What this task involves:
Locate the string "loaded" throughout the material and copy every line in which it occurs.

= = = = =

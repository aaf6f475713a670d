// The list that a dump text is loaded into.
use bdb_tool::{TextPairs, read_dump, settle};
use std::alloc::{AllocError, Global};

/// The list of the last section of a text; an empty one where there is none.
pub(crate) fn list_of(alloc: Global, text: &[u8]) -> Result<TextPairs, AllocError> {
    let empty = TextPairs::new(alloc);
    if text.len() > 1073741824 {
        return Ok(empty);
    }
    let Ok(sections) = read_dump(alloc, text) else {
        return Ok(empty);
    };
    let Ok(mut settled) = settle(alloc, sections) else {
        return Ok(empty);
    };
    match settled.pop() {
        Some(section) => Ok(section.pairs),
        None => Ok(empty),
    }
}
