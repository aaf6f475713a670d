// The image of a dump text, or why there is none.
use bdb_tool::{Bytes, Image, LoadError, load, read_dump};
use std::alloc::{AllocError, Global};

/// What is answered to a text.
#[derive(Drop)]
pub(crate) enum Answer {
    Image(Image),
    Error(LoadError),
    /// It isn't read.
    Other,
}

/// Loads a text into an image of at most so many bytes; both have at most 2^30.
#[tactic(auto, using(crate::proofs::Below::read_sections_are_loadable))]
pub(crate) fn loaded(alloc: Global, text: &[u8], most: u64) -> Answer {
    if text.len() > 1073741824 || most > 1073741824 {
        return Answer::Other;
    }
    let Ok(sections) = read_dump(alloc, text) else {
        return Answer::Other;
    };
    match load(alloc, sections, most) {
        Ok(image) => Answer::Image(image),
        Err(error) => Answer::Error(error),
    }
}

/// The bytes of the image of a text; none where there is no image.
pub(crate) fn image_of(alloc: Global, text: &[u8]) -> Result<Bytes, AllocError> {
    let mut bytes = Bytes::new(alloc);
    if let Answer::Image(image) = loaded(alloc, text, 1073741824) {
        bytes.push_all(image.bytes())?;
    }
    Ok(bytes)
}
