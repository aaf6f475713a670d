// Files of databases under names: they stand in the byte order of their names, whatever that of the text is, each as its section says.
use crate::asked::{NOT_FOUND, Question, ask, ask_all};
use crate::loaded::image_of;
use bdb_tool::Bytes;
use std::alloc::{AllocError, Global};
use std::process::Abort;
use std::test::Fail;

/// A dump text, the bytes of its file, what is asked, and the text that the file is dumped as.
#[derive(Clone, Copy)]
struct Row {
    text: &'static [u8],
    long: usize,
    questions: &'static [Question],
    dumped: &'static [u8],
}

#[test]
fn sections_stand_in_the_order_of_their_names(rt: HostRuntime) -> Result<(), Fail> {
    let rows: [Row; 4] = [
        // two databases without pairs: the metadata and one leaf of each and of the master
        Row {
            text: b"VERSION=3\nformat=bytevalue\ndatabase=b\ntype=recno\ndb_pagesize=512\nHEADER=END\nDATA=END\n\
                VERSION=3\nformat=bytevalue\ndatabase=a\ntype=btree\ndb_pagesize=512\nHEADER=END\nDATA=END\n",
            long: 3072,
            questions: &[
                (&["verify"], 0, b"sound, 6 pages\n"),
                (&["list"], 0, b"btree a\nrecno b\n"),
                (&["dump", "--name", "c"], 9, NOT_FOUND),
            ],
            dumped: b"VERSION=3\nformat=print\ndatabase=a\ntype=btree\ndb_pagesize=512\ndb_lorder=1234\nHEADER=END\nDATA=END\n\
                VERSION=3\nformat=print\ndatabase=b\ntype=recno\ndb_pagesize=512\ndb_lorder=1234\nkeys=1\nHEADER=END\nDATA=END\n",
        },
        // each kind, in the page size and the order of the first section; a master, and 2, 2 and 3 pages
        Row {
            text: b"VERSION=3\nformat=print\ndatabase=c\ntype=hash\ndb_pagesize=512\ndb_lorder=4321\ndupsort=1\nHEADER=END\n k\n 2\n k\n 1\nDATA=END\n\
                VERSION=3\nformat=print\ndatabase=a\ntype=recno\ndb_pagesize=1024\nre_len=4\nre_pad=46\nHEADER=END\n one\n four\nDATA=END\n\
                VERSION=3\nformat=print\ndatabase=b\ntype=btree\ndb_lorder=1234\nrecnum=1\nHEADER=END\n y\n 1\n x\n 2\nDATA=END\n",
            long: 4608,
            questions: &[
                (&["verify"], 0, b"sound, 9 pages\n"),
                (&["list"], 0, b"recno a\nbtree b\nhash c\n"),
                (&["get", "--name", "a", "2"], 0, b"666f7572\n"),
                (&["get", "--name", "b", "x"], 0, b"32\n"),
                (&["get", "--name", "c", "k"], 0, b"31\n32\n"),
                (&["get", "--name", "c", "x"], 9, NOT_FOUND),
            ],
            dumped: b"VERSION=3\nformat=print\ndatabase=a\ntype=recno\ndb_pagesize=512\ndb_lorder=4321\nre_len=4\nre_pad=46\nkeys=1\n\
                HEADER=END\n 1\n one.\n 2\n four\nDATA=END\n\
                VERSION=3\nformat=print\ndatabase=b\ntype=btree\ndb_pagesize=512\ndb_lorder=4321\nrecnum=1\nHEADER=END\n x\n 2\n y\n 1\nDATA=END\n\
                VERSION=3\nformat=print\ndatabase=c\ntype=hash\ndb_pagesize=512\ndb_lorder=4321\nduplicates=1\ndupsort=1\nHEADER=END\n k\n 1\n k\n 2\n\
                DATA=END\n",
        },
        // the empty name, and one that begins another
        Row {
            text: b"VERSION=3\nformat=print\ndatabase=ab\ntype=btree\ndb_pagesize=512\nHEADER=END\nDATA=END\n\
                VERSION=3\nformat=print\ndatabase=a\ntype=hash\nHEADER=END\nDATA=END\n\
                VERSION=3\nformat=print\ndatabase=\ntype=btree\nHEADER=END\n e\n f\nDATA=END\n",
            long: 4608,
            questions: &[
                (&["verify"], 0, b"sound, 9 pages\n"),
                (&["list"], 0, b"btree \nhash a\nbtree ab\n"),
                (&["get", "--name", "", "e"], 0, b"66\n"),
            ],
            dumped: b"VERSION=3\nformat=print\ndatabase=\ntype=btree\ndb_pagesize=512\ndb_lorder=1234\nHEADER=END\n e\n f\nDATA=END\n\
                VERSION=3\nformat=print\ndatabase=a\ntype=hash\ndb_pagesize=512\ndb_lorder=1234\nHEADER=END\nDATA=END\n\
                VERSION=3\nformat=print\ndatabase=ab\ntype=btree\ndb_pagesize=512\ndb_lorder=1234\nHEADER=END\nDATA=END\n",
        },
        // one database under a name
        Row {
            text: b"VERSION=3\nformat=print\ndatabase=one\ntype=hash\ndb_pagesize=512\nHEADER=END\n k\n v\nDATA=END\n",
            long: 2560,
            questions: &[
                (&["verify"], 0, b"sound, 5 pages\n"),
                (&["list"], 0, b"hash one\n"),
            ],
            dumped: b"VERSION=3\nformat=print\ndatabase=one\ntype=hash\ndb_pagesize=512\ndb_lorder=1234\nHEADER=END\n k\n v\nDATA=END\n",
        },
    ];
    for row in rows {
        let alloc = rt.alloc();
        let image = image_of(alloc, row.text)?;
        assert_eq!(rt; image.as_slice().len(), row.long);
        ask_all(&rt, alloc, image.as_slice(), row.questions)?;
        ask(
            &rt,
            alloc,
            image.as_slice(),
            &["dump", "--print"],
            0,
            row.dumped,
        )?;
    }
    Ok(())
}

// Behind a text, the section of a btree without pairs under a name, as it is spelled.
fn push_section(text: &mut Bytes, name: &[u8]) -> Result<(), AllocError> {
    text.push_all(b"VERSION=3\nformat=print\ndatabase=")?;
    text.push_all(name)?;
    text.push_all(b"\ntype=btree\ndb_pagesize=512\ndb_lorder=1234\nHEADER=END\nDATA=END\n")
}

// Asks whether the file of a text has so many bytes, what `verify` says of it, and whether it is dumped as another text.
fn is_kept(
    rt: &impl Abort,
    alloc: Global,
    text: &[u8],
    long: usize,
    verdict: &[u8],
    dumped: &[u8],
) -> Result<(), AllocError> {
    let image = image_of(alloc, text)?;
    assert_eq!(rt; image.as_slice().len(), long);
    ask(rt, alloc, image.as_slice(), &["verify"], 0, verdict)?;
    ask(rt, alloc, image.as_slice(), &["dump", "--print"], 0, dumped)
}

// The name of a number below 1000: three digits, behind a letter.
fn numbered(number: u16) -> [u8; 4] {
    let digit = |n: u16| b'0' + (n % 10) as u8;
    [b'n', digit(number / 100), digit(number / 10), digit(number)]
}

#[test]
fn two_hundred_names_have_a_master_of_two_levels(rt: HostRuntime) -> Result<(), Fail> {
    let alloc = rt.alloc();
    // the text has the names from the last one to the first
    let mut text = Bytes::new(alloc);
    let mut dumped = Bytes::new(alloc);
    for number in 0..200 {
        push_section(&mut text, &numbered(199 - number))?;
        push_section(&mut dumped, &numbered(number))?;
    }
    // a name with its four bytes takes 20, so a leaf takes 24 of them: nine leaves, a root, and 401 pages of metadata and empty leaves
    is_kept(
        &rt,
        alloc,
        text.as_slice(),
        210432,
        b"sound, 411 pages\n",
        dumped.as_slice(),
    )?;
    Ok(())
}

#[test]
fn long_name_has_a_chain(rt: HostRuntime) -> Result<(), Fail> {
    let alloc = rt.alloc();
    let mut text = Bytes::new(alloc);
    push_section(&mut text, &[b'x'; 300])?;
    // the metadata and the leaf of the master, the name on a page of its own, and two pages of the database
    is_kept(
        &rt,
        alloc,
        text.as_slice(),
        2560,
        b"sound, 5 pages\n",
        text.as_slice(),
    )?;
    Ok(())
}

fn hex_digit(n: u8) -> u8 {
    if n < 10 {
        b'0' + n
    } else {
        b'a' + (n - 10) % 6
    }
}

// Each byte as two digits behind a backslash.
fn push_escaped(name: &mut Bytes, byte: u8) -> Result<(), AllocError> {
    name.push_all(&[b'\\', hex_digit(byte / 16), hex_digit(byte % 16)])
}

// A byte as `dump --print` spells it: from the blank to the tilde as it is, the backslash twice, others as two digits behind one.
fn push_spelled(name: &mut Bytes, byte: u8) -> Result<(), AllocError> {
    match byte {
        b'\\' => name.push_all(b"\\\\"),
        b' '..=b'~' => name.push_all(&[byte]),
        _ => push_escaped(name, byte),
    }
}

// Behind a text, the section of a byte as a name.
fn push_escaped_name(alloc: Global, text: &mut Bytes, byte: u8) -> Result<(), AllocError> {
    let mut name = Bytes::new(alloc);
    push_escaped(&mut name, byte)?;
    push_section(text, name.as_slice())
}

// The same, as it is dumped.
fn push_spelled_name(alloc: Global, dumped: &mut Bytes, byte: u8) -> Result<(), AllocError> {
    let mut name = Bytes::new(alloc);
    push_spelled(&mut name, byte)?;
    push_section(dumped, name.as_slice())
}

// Behind a text, the section of a name of all bytes.
fn push_escaped_bytes(alloc: Global, text: &mut Bytes) -> Result<(), AllocError> {
    let mut all = Bytes::new(alloc);
    for byte in 0..=255u8 {
        push_escaped(&mut all, byte)?;
    }
    push_section(text, all.as_slice())
}

// The same, as it is dumped.
fn push_spelled_bytes(alloc: Global, dumped: &mut Bytes) -> Result<(), AllocError> {
    let mut all = Bytes::new(alloc);
    for byte in 0..=255u8 {
        push_spelled(&mut all, byte)?;
    }
    push_section(dumped, all.as_slice())
}

// A name of all bytes, and each byte as a name.
fn escaped_names(alloc: Global) -> Result<Bytes, AllocError> {
    let mut text = Bytes::new(alloc);
    push_escaped_bytes(alloc, &mut text)?;
    for byte in 0..=255u8 {
        push_escaped_name(alloc, &mut text, byte)?;
    }
    Ok(text)
}

// The same, as they are dumped: the name of all bytes stands behind that of its first byte.
fn spelled_names(alloc: Global) -> Result<Bytes, AllocError> {
    let mut dumped = Bytes::new(alloc);
    push_spelled_name(alloc, &mut dumped, 0)?;
    push_spelled_bytes(alloc, &mut dumped)?;
    for byte in 1..=255u8 {
        push_spelled_name(alloc, &mut dumped, byte)?;
    }
    Ok(dumped)
}

#[test]
fn names_have_every_byte(rt: HostRuntime) -> Result<(), Fail> {
    let alloc = rt.alloc();
    let text = escaped_names(alloc)?;
    let dumped = spelled_names(alloc)?;
    // a name of one byte takes 16 with its four, so a leaf takes 30 of them, and the long one, which has a page of its own, 24: nine
    // leaves, a root, that page, and 515 pages of metadata and empty leaves
    is_kept(
        &rt,
        alloc,
        text.as_slice(),
        269312,
        b"sound, 526 pages\n",
        dumped.as_slice(),
    )?;
    Ok(())
}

= = = = =

Written solution:
// The list that a dump text is loaded into.
pub(crate) fn loaded(alloc: Global, text: &[u8], most: u64) -> Answer {
    if let Answer::Image(image) = loaded(alloc, text, 1073741824) {
use crate::loaded::image_of;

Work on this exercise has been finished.